(Stored entries)
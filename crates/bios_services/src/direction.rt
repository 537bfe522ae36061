//! The direction in which rows of characters move.
ghost use Rattle.std.specs.Prelude.{◌≡◌, ◌≤◌, ◌+◌};
ghost use Rattle.bios_services.specs.Bounds.{bound_of_rows_in_windows};
ghost use Rattle.bios_services.specs.Bands.{first_row_to_fill as first_row_to_fill_of};

/// The direction in which rows of characters move.
#[derive(Clone, Copy)]
pub enum Direction {
    Up,
    Down,
}

impl Direction {
    /// The first of the rows that are to be filled after `count` rows have moved.
    pub(crate) fn first_row_to_fill(self, top: u32, count: u32) -> u32
        requires { top + count ≤ bound_of_rows_in_windows }
        ensures value { result ≡ first_row_to_fill_of self top count }
        ensures inside { result ≤ top + count }
    {
        match self {
            Direction::Up => top + count,
            Direction::Down => top,
        }
    }
}
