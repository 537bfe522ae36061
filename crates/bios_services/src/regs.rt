//! The registers of a call.
ghost use Rattle.std.specs.Prelude.{◌≡◌};
ghost use Rattle.bios_services.specs.Registers.{high as high_of, low as low_of};
ghost use Rattle.bios_services.specs.Registers.{with_high as with_high_of, with_low as with_low_of};

/// The registers that a caller hands in, and those that a service answers.
#[derive(Clone, Copy, PartialEq, Eq, Debug)]
pub struct Regs {
    pub ax: u16,
    pub bx: u16,
    pub cx: u16,
    pub dx: u16,
}

/// The high byte of a register.
pub(crate) fn high(register: u16) -> u8
    ensures { result ≡ high_of register }
{
    (register / 256) as u8
}

/// The low byte of a register.
pub(crate) fn low(register: u16) -> u8
    ensures { result ≡ low_of register }
{
    (register % 256) as u8
}

/// A register with another high byte.
pub(crate) fn with_high(register: u16, byte: u8) -> u16
    ensures { result ≡ with_high_of register byte }
{
    256 * byte as u16 + register % 256
}

/// A register with another low byte.
pub(crate) fn with_low(register: u16, byte: u8) -> u16
    ensures { result ≡ with_low_of register byte }
{
    256 * (register / 256) + byte as u16
}
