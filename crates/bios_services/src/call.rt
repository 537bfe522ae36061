//! Which service the registers ask for.
ghost use Rattle.std.specs.Prelude.{◌≡◌};
ghost use Rattle.bios_services.specs.Calls.{scroll_of as scroll_of_regs};
ghost use Rattle.bios_services.specs.Calls.{colour_call_of as colour_call_of_regs};
ghost use Rattle.bios_services.specs.Calls.{service_of as service_of_regs, call_of};

use crate::cell_run::CellRun;
use crate::colours::ColourService;
use crate::glyph_load::GlyphLoad;
use crate::regs::{Regs, high, low};
use crate::scroll::Scroll;
use crate::strings::StringCall;
use crate::tables::TableService;

/// What a call asks for.
#[derive(Clone, Copy)]
pub enum Call {
    /// 00: sets a mode, and keeps the memory if bit 7 of AL is 1. It needs no mode before.
    SetMode { mode: u8, keeps: bool },
    /// 10 with AL = 09 or 17: answers a table.
    ReadTable(TableService),
    /// 11 with AL = 10, 11, 12 or 14 and BL = 00: loads glyphs of text.
    LoadGlyphs(GlyphLoad),
    /// Any other service.
    InMode(Service),
}

/// A service that needs a mode, with its arguments.
#[derive(Clone, Copy)]
pub enum Service {
    /// 01: sets the cursor's first and last scan line.
    SetCursorType {
        cursor_type: u16,
    },
    /// 02: sets the cursor's position on a page.
    SetCursor {
        page: u8,
        position: u16,
    },
    /// 03: answers the cursor's position on a page, and its type.
    ReadCursor {
        page: u8,
    },
    /// 05: shows a page.
    SelectPage {
        page: u8,
    },
    /// 06: scrolls a window up.
    ScrollUp {
        scroll: Scroll,
    },
    /// 07: scrolls a window down.
    ScrollDown {
        scroll: Scroll,
    },
    /// 08: answers the character at the cursor, and in text its attribute.
    ReadCell {
        page: u8,
    },
    /// 09 and 0A: writes a character to a run of cells from the cursor on; in text 09 writes the
    /// attribute too.
    WriteCells(CellRun),
    /// 0C: writes a pixel.
    WritePixel {
        page: u8,
        x: u16,
        y: u16,
        colour: u8,
    },
    /// 0D: answers a pixel.
    ReadPixel {
        page: u8,
        x: u16,
        y: u16,
    },
    /// 0E: types a character at the cursor of the active page.
    Teletype {
        character: u8,
        colour: u8,
    },
    /// 0F: answers the mode, its number of columns and the active page.
    ReadMode,
    /// 10: palette, overscan colour, blinking, DAC.
    Colours(ColourService),
    /// 12 with BL = 10: answers which adapter there is.
    ReadAdapter,
    /// 13 with AL = 00 to 03: types a string.
    WriteString(StringCall),
    /// 1A with AL = 00: answers which display there is.
    ReadDisplay,
}

/// The scroll that functions 06 and 07 ask for.
fn scroll_of(regs: Regs) -> Scroll
    ensures { result ≡ scroll_of_regs regs }
{
    Scroll {
        lines: low(regs.ax),
        fill: high(regs.bx),
        top: high(regs.cx),
        left: low(regs.cx),
        bottom: high(regs.dx),
        right: low(regs.dx),
    }
}

/// The subfunction of function 10 that the registers ask for, if there is one.
fn colour_call_of(regs: Regs) -> Option<Call>
    ensures { result ≡ colour_call_of_regs regs }
{
    let register = low(regs.bx);
    let value = high(regs.bx);
    let first = regs.bx;
    let count = regs.cx;
    let service = match low(regs.ax) {
        0x00 => ColourService::SetRegister { register, value },
        0x01 => ColourService::SetOverscan { value },
        0x02 => ColourService::SetPalette,
        0x03 => ColourService::SetBlinking { blinking: register },
        0x07 => ColourService::ReadRegister { register },
        0x08 => ColourService::ReadOverscan,
        0x09 => return Some(Call::ReadTable(TableService::ReadPalette)),
        0x10 => ColourService::SetEntry {
            entry: regs.bx,
            red: high(regs.dx),
            green: high(regs.cx),
            blue: low(regs.cx),
        },
        0x12 => ColourService::SetEntries { first, count },
        0x15 => ColourService::ReadEntry { entry: regs.bx },
        0x17 => return Some(Call::ReadTable(TableService::ReadEntries { first, count })),
        0x18 => ColourService::SetMask { mask: low(regs.bx) },
        0x19 => ColourService::ReadMask,
        _ => return None,
    };
    Some(Call::InMode(Service::Colours(service)))
}

/// The service of a function other than 00, 10 and 11, if there is one.
fn service_of(regs: Regs) -> Option<Service>
    ensures { result ≡ service_of_regs regs }
{
    let al = low(regs.ax);
    let page = high(regs.bx);
    let position = regs.dx;
    let x = regs.cx;
    let y = regs.dx;
    let scroll = scroll_of(regs);
    match high(regs.ax) {
        0x01 => Some(Service::SetCursorType {
            cursor_type: regs.cx,
        }),
        0x02 => Some(Service::SetCursor { page, position }),
        0x03 => Some(Service::ReadCursor { page }),
        0x05 => Some(Service::SelectPage { page: al }),
        0x06 => Some(Service::ScrollUp { scroll }),
        0x07 => Some(Service::ScrollDown { scroll }),
        0x08 => Some(Service::ReadCell { page }),
        0x09 => Some(Service::WriteCells(CellRun::of_registers(regs, true))),
        0x0A => Some(Service::WriteCells(CellRun::of_registers(regs, false))),
        0x0C => Some(Service::WritePixel {
            page,
            x,
            y,
            colour: al,
        }),
        0x0D => Some(Service::ReadPixel { page, x, y }),
        0x0E => Some(Service::Teletype {
            character: al,
            colour: low(regs.bx),
        }),
        0x0F => Some(Service::ReadMode),
        0x12 if low(regs.bx) == 0x10 => Some(Service::ReadAdapter),
        0x13 if al < 4 => Some(Service::WriteString(StringCall::of_registers(regs))),
        0x1A if al == 0x00 => Some(Service::ReadDisplay),
        _ => None,
    }
}

/// What the registers ask for, if that is a call.
pub(crate) fn decode(regs: Regs) -> Option<Call>
    ensures { result ≡ call_of regs }
{
    let al = low(regs.ax);
    if high(regs.ax) == 0x00 {
        return Some(Call::SetMode {
            mode: al % 128,
            keeps: al >= 128,
        });
    }
    if high(regs.ax) == 0x10 {
        return colour_call_of(regs);
    }
    if let Some(load) = GlyphLoad::of_registers(regs) {
        return Some(Call::LoadGlyphs(load));
    }
    match service_of(regs) {
        Some(service) => Some(Call::InMode(service)),
        None => None,
    }
}
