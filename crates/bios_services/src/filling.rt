//! The bytes that rows are filled with.
ghost use Rattle.std.specs.Prelude.{◌≡◌};
ghost use Rattle.bios_services.specs.Bands.{blank_cells_filling as blank_cells_filling_of};
ghost use Rattle.bios_services.specs.Bands.{one_byte_filling as one_byte_filling_of};

/// Two bytes that fill a line of memory by turns: the first byte of a line is `even`, the next one
/// `odd`.
#[derive(Clone, Copy)]
pub struct AlternatingBytes {
    /// The first byte of a line, the third, and so on.
    pub even: u8,
    /// The second, the fourth, and so on.
    pub odd: u8,
}

/// The character of a blank cell of text.
const BLANK: u8 = 0x20;

impl AlternatingBytes {
    /// Blank cells in an attribute.
    pub(crate) fn blank_cells(attribute: u8) -> AlternatingBytes
        ensures { result ≡ blank_cells_filling_of attribute }
    {
        AlternatingBytes {
            even: BLANK,
            odd: attribute,
        }
    }

    /// One byte everywhere.
    pub(crate) fn one_byte_everywhere(byte: u8) -> AlternatingBytes
        ensures { result ≡ one_byte_filling_of byte }
    {
        AlternatingBytes {
            even: byte,
            odd: byte,
        }
    }
}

» **What you should do**
In the entries above, some lines may contain the string "text"; report how many, without additional comment.

» **Answer to this problem**
4